Issue: Under federal law, when will an agreement to arbitrate be unenforceable on grounds that it is unconscionable?
|Area of Law:||Alternative Dispute Resolution, Business Organizations & Contracts|
|Keywords:||Arbitration agreement; Procedural unconscionability; Substantive unconscionability|
|Cited Cases:||54 P.3d 1; 907 P.2d 51|
|Cited Statutes:||Restatement (Second) of Contracts § 208, cmt. d (1981)|
“An agreement to arbitrate may be unenforceable based on a generally applicable contractual defense, such as unconscionability.” Alexander v. Anthony Int’l, L.P., 341 F.3d 256, 264 (3d Cir. 2003). The Alexander court instructed that an arbitration agreement may not be enforced when the provision at issue is both procedurally and substantively unconscionable. Id. at 265, 270.

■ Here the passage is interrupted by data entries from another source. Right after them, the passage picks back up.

/// The global of the variable of this number.
fn add_variable(
    alloc: Global,
    all: &mut Vector<GlobalEntry>,
    unit: &TypedUnit,
    objects: &Objects,
    number: u32,
) -> Result<(), AllocError>
    requires { objects.now.globals.items ≡ (flags (typed_of unit.now)).globals }
    ensures { (t : Ty) → slice_get (typed_of unit.now).globals number ≡ Some t → OnOk result (all.new ≡ all.old ++ words.global_of (typed_of unit.now) (held_as (words.no_slots (typed_of unit.now) (variables.Global number)) t) ∷ []) }
{
    let ty = held_as(is_object(objects, number)?, variable_at(unit, number)?);
    all.push(global(alloc, ty)?)?;
    Ok(())
}

/// Whether the variable of this number is an object.
fn is_object(objects: &Objects, number: u32) -> Result<bool, AllocError>
    ensures { IfOk result (λ b. slice_get objects.now.globals.items number ≡ Some b) }
{
    match objects.globals.get(number as usize) {
        Some(flag) => Ok(*flag),
        None => Err(AllocError),
    }
}

/// The type of the variable of this number.
fn variable_at(unit: &TypedUnit, number: u32) -> Result<&CType, AllocError>
    ensures { IfOk result (λ t. slice_get (typed_of unit.now).globals number ≡ Some (type_of t.now)) }
{
    match unit.globals.get(number as usize) {
        Some(t) => Ok(t),
        None => Err(AllocError),
    }
}

fn add_literals(
    alloc: Global,
    all: &mut Vector<GlobalEntry>,
    made: &[Made],
) -> Result<(), AllocError>
    ensures { (u : tree.Typed) → OnOk result (all.new ≡ all.old ++ words.literal_globals u (literals_in (map made_of made.now))) }
{
    for m in made {
        add_literal(alloc, all, m)?;
    }
    Ok(())
}

/// The global of what is made, if it is a literal.
fn add_literal(alloc: Global, all: &mut Vector<GlobalEntry>, m: &Made) -> Result<(), AllocError>
    ensures { (u : tree.Typed) (rest : List tree.Made) → OnOk result (all.new ++ words.literal_globals u (literals_in rest) ≡ all.old ++ words.literal_globals u (literals_in (made_of m.now ∷ rest))) }
{
    match m {
        Made::Global(_, _) => Ok(()),
        Made::Literal(_) => {
            all.push(global(alloc, ValType::Handle)?)?;
            Ok(())
        }
    }
}

fn global(alloc: Global, ty: ValType) -> Result<GlobalEntry, AllocError>
    ensures { (u : tree.Typed) → IfOk result (λ g. g ≡ words.global_of u ty) }
{
    Ok(GlobalEntry {
        ty: GlobalType { ty, mutable: true },
        init: constant(alloc, first_of_type(ty))?,
    })
}

fn first_of_type(ty: ValType) -> Instr
    ensures is { (u : tree.Typed) → result ≡ words.first_of_type u ty }
    ensures plain { IsPlain result }
{
    match ty {
        ValType::I32 => Instr::I32Const(0),
        ValType::I64 => Instr::I64Const(0),
        ValType::Handle => Instr::Segment(Segment::Null),
    }
}

/// A constant expression.
fn constant(alloc: Global, instr: Instr) -> Result<Code, AllocError>
    requires { IsPlain instr }
    ensures { IfOk result (λ code. code ≡ (instr ∷ []) ∷ []) }
{
    let mut body = Builder::new(alloc)?;
    body.add(instr)?;
    Ok(body.finish())
}
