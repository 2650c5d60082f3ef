//! Which variables of a typed unit are objects in memory (C11, 6.2.4): arrays, structs, and what an `&` stands before.
//!
//! It stands on the typed tree (`c_typed`) and on units that are well typed (`c_typed`). Read `specs/Flags.antt` first, which
//! has a flag for each variable, by `is_object` of `c_typed/specs/Objects.antt`; then `specs/Marks.antt`, what a walk over a tree
//! marks.
#![tactic(auto)]

mod marks;
mod objects;
mod walk;

pub use objects::{Objects, find_objects};
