//! An index of the cells of a tree by a key of each.
#![tactic(auto)]

mod beside;
mod block;
mod blocks;
mod entries;
mod entry;
mod index;
mod keys;
mod kind;
mod order;
mod places;
mod search;

pub use index::Index;
pub use kind::KeyKind;
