//! The keys that cells are known by.

ghost use Rattle.std.specs.Prelude.{◌≡◌};
ghost use Rattle.std.specs.Option.{option_copied};
ghost use Rattle.mls_tree_index.specs.Keys.{key_of, key_in, is_key};

use mls_tree_cells::Cells;
use mls_tree_slot::{NodeRef, Slot};

/// A key of a cell.
#[derive(Clone, Copy, Debug, PartialEq, Eq)]
pub enum KeyKind {
    /// The encryption key of a leaf or a parent.
    Encryption,
    /// The signature key of a leaf.
    Signature,
}

impl KeyKind {
    /// The key of a cell, where it has one.
    fn key_of(self, cell: &Slot) -> Option<&[u8]>
        ensures { option_copied result ≡ key_of self cell.now }
    {
        match (self, cell.node()?) {
            (KeyKind::Encryption, NodeRef::Leaf(leaf)) => Some(leaf.encryption_key.as_slice()),
            (KeyKind::Encryption, NodeRef::Parent(parent)) => Some(parent.encryption_key()),
            (KeyKind::Signature, NodeRef::Leaf(leaf)) => Some(leaf.signature_key.as_slice()),
            (KeyKind::Signature, NodeRef::Parent(_)) => None,
        }
    }

    /// The key of the cell with this number, where there is one.
    pub(crate) fn key_in(self, cells: &Cells, x: u32) -> Option<&[u8]>
        ensures { option_copied result ≡ key_in self cells.now.nodes x }
    {
        self.key_of(cells.get(x as usize)?)
    }

    /// Whether the cell with this number has this key.
    pub(crate) fn is_key_in(self, cells: &Cells, x: u32, key: &[u8]) -> bool
        ensures { result ≡ is_key key.now (key_in self cells.now.nodes x) }
    {
        match self.key_in(cells, x) {
            Some(own) => own == key,
            None => false,
        }
    }
}
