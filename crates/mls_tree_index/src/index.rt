//! The index: entries of cells in the order of their keys.

ghost use Rattle.std.specs.Prelude.{◌≡◌, ◌+◌, ◌≤◌, ◌^◌, suc, false, length, IfOk, OnOk};
ghost use Rattle.mls_tree_index.specs.Keys.{IsHolder};
ghost use Rattle.mls_tree_index.specs.Indexes.{Indexes, SameIndex, AnswersHeld, CanLeave, EntersCell, LeavesCell, AnswersDistinct};

use crate::blocks::Blocks;
use crate::entries::{is_again, sort_entries};
use crate::entry::Entry;
use crate::kind::KeyKind;
use mls_tree_cells::Cells;
use std::alloc::{AllocError, Global};
use std::marker::Model;

/// The entries of the cells that have a key of one kind, in the order of the keys, and of cells with one key by number.
/// The keys stay in the cells, and only their fronts are in entries. The entries stand in blocks that copies may share,
/// so that a copy of a shared index copies pointers, and an edit the block that it changes. It keeps count of keys that
/// repeat.
pub struct Index {
    pub(crate) kind: KeyKind,
    pub(crate) blocks: Blocks,
    pub(crate) repeats: usize,
}

impl Drop for Index {
    fn drop(self) {
        let Index {
            kind: _,
            blocks: _,
            repeats: _,
        } = self;
    }
}

impl Model for Index {
    ghost use Rattle.mls_tree_index.specs.Blocks.{joined};
    ghost use Rattle.mls_tree_index.specs.Indexes.{Listing};

    ghost Value = { Listing };

    ghost view = { λ t. record {
      kind = t.kind;
      entries = joined t.blocks.blocks;
      repeats = t.repeats;
      room = t.blocks.room;
      shared = t.blocks.shared;
    } };
}

impl Index {
    /// The index of these cells. Their entries are sorted, and each that has the key of the one before it is counted.
    pub fn build(alloc: Global, kind: KeyKind, cells: &Cells) -> Result<Index, AllocError>
        requires { length cells.now.nodes ≤ 2 ^ 32 }
        ensures kind { IfOk result (λ t. t.kind ≡ kind) }
        ensures built { IfOk result (λ t. Indexes cells.now.nodes t) }
        ensures own { IfOk result (λ t. t.shared ≡ false) }
    {
        let entries = sort_entries(alloc, kind, cells)?;
        let mut repeats = 0usize;
        for place in 0..entries.len() {
            let again = is_again(kind, cells, &entries, place);
            repeats += usize::from(again);
        }
        let blocks = Blocks::new(alloc, &entries)?;
        Ok(Index {
            kind,
            blocks,
            repeats,
        })
    }

    /// Makes room for so many spare blocks, so that edits take no memory: a cell that enters takes two at most, and one
    /// that leaves takes one at most, where copies may share the index. Without memory for it all stays.
    pub fn reserve(&mut self, count: usize) -> Result<(), AllocError>
        ensures room { OnOk result (count ≤ self.new.room) }
        ensures more { self.old.room ≤ self.new.room }
        ensures same { SameIndex self.old self.new }
        ensures own { self.old.shared ≡ false → self.new.shared ≡ false }
    {
        self.blocks.reserve(count)
    }

    /// Lets later copies share it, unless it is small. What there is no memory for isn't shared. Room that was made
    /// goes.
    pub fn share(&mut self)
        ensures same { SameIndex self.old self.new }
    {
        self.blocks.share();
    }

    /// Makes it one's own, so that cells leave it without room. Without memory for it all stays, though copies
    /// may share less of it.
    pub fn make_own(&mut self) -> Result<(), AllocError>
        ensures same { SameIndex self.old self.new }
        ensures room { self.old.room ≤ self.new.room }
        ensures own { OnOk result (self.new.shared ≡ false) }
    {
        self.blocks.make_own()
    }

    /// Whether some cell has this key. The cells may have more keys than those that the index is of.
    pub fn holds(&self, cells: &Cells, key: &[u8]) -> bool
        ensures { AnswersHeld self.now cells.now.nodes key.now result }
    {
        let entry = Entry::new(key, 0);
        let spot = self.blocks.spot_of(self.kind, cells, key, entry);
        self.blocks
            .is_key_at(self.kind, cells, spot, key, entry.front)
    }

    /// A cell that has this key, where there is one.
    pub(crate) fn holder(&self, cells: &Cells, key: &[u8]) -> Option<u32>
        ensures { Indexes cells.now.nodes self.now
            → IsHolder self.now.kind cells.now.nodes key.now result }
    {
        let entry = Entry::new(key, 0);
        let spot = self.blocks.spot_of(self.kind, cells, key, entry);
        let Some(own) = self.blocks.entry_at(spot) else {
            return None;
        };
        if own.is_of(self.kind, cells, key, entry.front) {
            Some(own.number)
        } else {
            None
        }
    }

    /// Enters a cell: after it was filled, where it was blank. Takes room for two spare blocks at most. Where the cell
    /// has no key, all stays.
    pub fn enter(&mut self, cells: &Cells, x: u32)
        requires { 2 ≤ self.old.room }
        ensures kind { self.new.kind ≡ self.old.kind }
        ensures room { self.old.room ≤ self.new.room + 2 }
        ensures entered { EntersCell x cells.now.nodes self.old self.new }
        ensures own { self.old.shared ≡ false → self.new.shared ≡ false }
    {
        let Some(key) = self.kind.key_in(cells, x) else {
            return;
        };
        let entry = Entry::new(key, x);
        let spot = self.blocks.spot_of(self.kind, cells, key, entry);
        let again = self
            .blocks
            .is_beside(self.kind, cells, spot, key, entry.front);
        self.blocks.insert(spot, entry);
        if !again {
            return;
        }
        // No more keys repeat than there are cells.
        if self.repeats < cells.len() {
            self.repeats += 1;
        }
    }

    /// Takes a cell out: before it is blanked or replaced. Takes room for one spare block at most, and none where no
    /// copy shares the index. Where the cell has no key, all stays.
    pub fn leave(&mut self, cells: &Cells, x: u32)
        requires { CanLeave 1 self.old }
        ensures kind { self.new.kind ≡ self.old.kind }
        ensures room { self.old.room ≤ suc self.new.room }
        ensures left { LeavesCell x cells.now.nodes self.old self.new }
        ensures own { self.old.shared ≡ false → self.new.shared ≡ false }
        ensures stays { self.old.shared ≡ false → self.old.room ≤ self.new.room }
    {
        let Some(key) = self.kind.key_in(cells, x) else {
            return;
        };
        let entry = Entry::new(key, x);
        let spot = self.blocks.spot_of(self.kind, cells, key, entry);
        self.blocks.remove(spot);
        // Without a repeat no other cell has the key.
        if self.repeats == 0 {
            return;
        }
        if self.holds(cells, key) {
            self.repeats -= 1;
        }
    }

    /// Whether no two cells have one key.
    pub fn are_distinct(&self) -> bool
        ensures { AnswersDistinct self.now result }
    {
        self.repeats == 0
    }
}

impl Clone for Index {
    ghost is_clone = { λ s t. SameIndex s t };

    fn clone(&self) -> Result<Index, AllocError> {
        Ok(Index {
            kind: self.kind,
            blocks: self.blocks.clone()?,
            repeats: self.repeats,
        })
    }
}
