//! Several keys at once.

ghost use Rattle.mls_tree_index.specs.Indexes.{AnswersNew};

use crate::index::Index;
use mls_leaf::Bytes;
use mls_tree_cells::Cells;

impl Index {
    /// Whether no two of these keys and those of the cells are one. The cells may have more keys than those that the
    /// index is of.
    pub fn accepts(&self, cells: &Cells, key: &Bytes, keys: &[Bytes]) -> bool
        ensures { AnswersNew self.now cells.now.nodes key.now keys.now result }
    {
        if keys.contains(key) || self.holds(cells, key.as_slice()) {
            return false;
        }
        match keys.split_first() {
            Some((next, rest)) => self.accepts(cells, next, rest),
            None => self.are_distinct(),
        }
    }
}
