impl Blocks {
    /// The list of these entries.
    pub(crate) fn new(alloc: Global, entries: &[Entry]) -> Result<Blocks, AllocError>
        ensures entries { IfOk result (λ b. joined b.blocks ≡ entries.now) }
        ensures own { IfOk result (λ b. b.shared ≡ false) }
    {
        let mut list = Vec::new(alloc);
        let (first, mut rest) = entries.split_at(entries.len().min(NEW_SIZE));
        push_block(&mut list, first)?;
        while !rest.is_empty() {
            let (next, others) = rest.split_at(rest.len().min(NEW_SIZE));
            push_block(&mut list, next)?;
            rest = others;
        }
        let spares = Vec::new(alloc);
        Ok(Blocks { list, spares })
    }

    /// How many blocks there are.
    pub(crate) fn count(&self) -> usize
        ensures count { result ≡ length self.now.blocks }
        ensures blocks { AreBlocks self.now.blocks }
        ensures some { 0 < result }
    {
        self.list.len()
    }

    /// The entries of a block.
    pub(crate) fn block(&self, b: usize) -> &[Entry]
        requires { b < length self.now.blocks }
        ensures entries { result.now ≡ get_or self.now.blocks b [] }
        ensures full { 0 < b → 0 < length result.now }
    {
        self.list[b].entries()
    }

    /// The entry behind a place, where there is one.
    pub(crate) fn entry_at(&self, spot: Spot) -> Option<Entry>
        requires { IsSpot self.now.blocks spot }
        ensures { IsEntryAt (joined self.now.blocks) (place_of self.now.blocks spot) result }
    {
        let block = self.block(spot.block);
        if spot.offset < block.len() {
            let own = entry_in(block, spot.offset);
            return Some(own);
        }
        let last = self.count() - 1;
        if spot.block < last {
            let next = entry_in(self.block(spot.block + 1), 0);
            return Some(next);
        }
        None
    }

    /// Makes so much room: an edit takes a spare block where its block is shared, and entering an entry another one
    /// where the block is full. Without memory for spare blocks the entries stay as they are.
    pub(crate) fn reserve(&mut self, count: usize) -> Result<(), AllocError>
        ensures room { OnOk result (count ≤ self.new.room) }
        ensures more { self.old.room ≤ self.new.room }
        ensures blocks { self.new.blocks ≡ self.old.blocks }
        ensures own { self.old.shared ≡ false → self.new.shared ≡ false }
    {
        let spares = spares_for(&self.list, count);
        add_spares(&mut self.list, &mut self.spares, spares)?;
        Ok(())
    }

    /// Lets later copies share each block. Where there are few they stay one's own, and the spare ones are dropped.
    /// Without memory for a block's pointer it stays one's own.
    pub(crate) fn share(&mut self)
        ensures { self.new.blocks ≡ self.old.blocks }
    {
        if self.list.len() < FEW_BLOCKS {
            self.spares.clear();
            return;
        }
        share_all(&mut self.list);
    }

    /// Makes each block one's own. Without memory for one the entries stay as they are.
    pub(crate) fn make_own(&mut self) -> Result<(), AllocError>
        ensures blocks { self.new.blocks ≡ self.old.blocks }
        ensures room { self.old.room ≤ self.new.room }
        ensures own { OnOk result (self.new.shared ≡ false) }
    {
        own_all(&mut self.list)
    }

    /// Puts an entry at a place. There is room for a copy of its block and for a split.
    pub(crate) fn insert(&mut self, spot: Spot, entry: Entry)
        requires room { 2 ≤ self.old.room }
        requires spot { IsSpot self.old.blocks spot }
        ensures room { self.old.room ≤ self.new.room + 2 }
        ensures entries { PutsEntry spot entry self.old self.new }
        ensures own { self.old.shared ≡ false → self.new.shared ≡ false }
    {
        own_block(&mut self.list, &mut self.spares, spot.block);
        let spot = make_way(&mut self.list, &mut self.spares, spot);
        self.list[spot.block].put_in(spot.offset, entry);
    }

    /// Takes the entry at an offset of a block out, and the block too where it had no other and isn't the only one.
    /// There is room for a copy of it where blocks are shared.
    fn take(&mut self, b: usize, offset: usize)
        requires room { self.old.shared ≡ true → 0 < self.old.room }
        requires block { b < length self.old.blocks }
        requires offset { offset < length (get_or self.old.blocks b []) }
        ensures room { self.old.room ≤ suc self.new.room }
        ensures entries { joined self.new.blocks ≡ remove (joined self.old.blocks)
            (place_in self.old.blocks b offset) }
        ensures own { self.old.shared ≡ false → self.new.shared ≡ false }
        ensures stays { self.old.shared ≡ false → self.old.room ≤ self.new.room }
    {
        own_block(&mut self.list, &mut self.spares, b);
        take_from(&mut self.list, b, offset);
    }

    /// Takes the entry behind a place out, where there is one. There is room for a copy of its block where blocks are
    /// shared.
    pub(crate) fn remove(&mut self, spot: Spot)
        requires room { self.old.shared ≡ true → 0 < self.old.room }
        requires spot { IsSpot self.old.blocks spot }
        ensures room { self.old.room ≤ suc self.new.room }
        ensures some { place_of self.old.blocks spot < length (joined self.old.blocks) →
            TakesEntry spot self.old self.new }
        ensures none { length (joined self.old.blocks) ≤ place_of self.old.blocks spot →
            self.new ≡ self.old }
        ensures own { self.old.shared ≡ false → self.new.shared ≡ false }
        ensures stays { self.old.shared ≡ false → self.old.room ≤ self.new.room }
    {
        let block = self.block(spot.block);
        if spot.offset < block.len() {
            self.take(spot.block, spot.offset);
            return;
        }
        let last = self.count() - 1;
        if spot.block < last {
            self.take(spot.block + 1, 0);
        }
    }
}

impl Clone for Blocks {
    ghost is_clone = { λ s t. t.blocks ≡ s.blocks };

    fn clone(&self) -> Result<Blocks, AllocError> {
        let list = self.list.clone()?;
        let spares = Vec::new(*self.list.allocator());
        Ok(Blocks { list, spares })
    }
}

Procedural unconscionability is generally established if the agreement constitutes a contract of adhesion. Id. at 265. A contract of adhesion “is one which is prepared by the party with the excessive bargaining power who presents it to the other party on a take-it-or-leave-it basis.” Id. See also Ostroff v. Alterra Healthcare Corp., 433 F. Supp. 2d 538, 544 (E.D. Pa. 2006) (residency contract presented to woman as she was moving her mother into assisted living facility, which she had to sign or her mother would have no place to live, was procedurally unconscionable); Kloss v. Edward D. Jones & Co., 54 P.3d 1 (Mont. 2002) (given that the contract was a contract of adhesion, it could not be presumed that the plaintiff waived her right to a jury trial, and a waiver was not within the plaintiff’s reasonable expectations, such that the arbitration agreement was unenforceable).
Put differently, a contract is procedurally unconscionable if it was obtained by oppression. “‘The oppression component of the test for procedural unconscionability “arises from an inequality of bargaining power of the parties to the contract and an absence of real negotiation or a […]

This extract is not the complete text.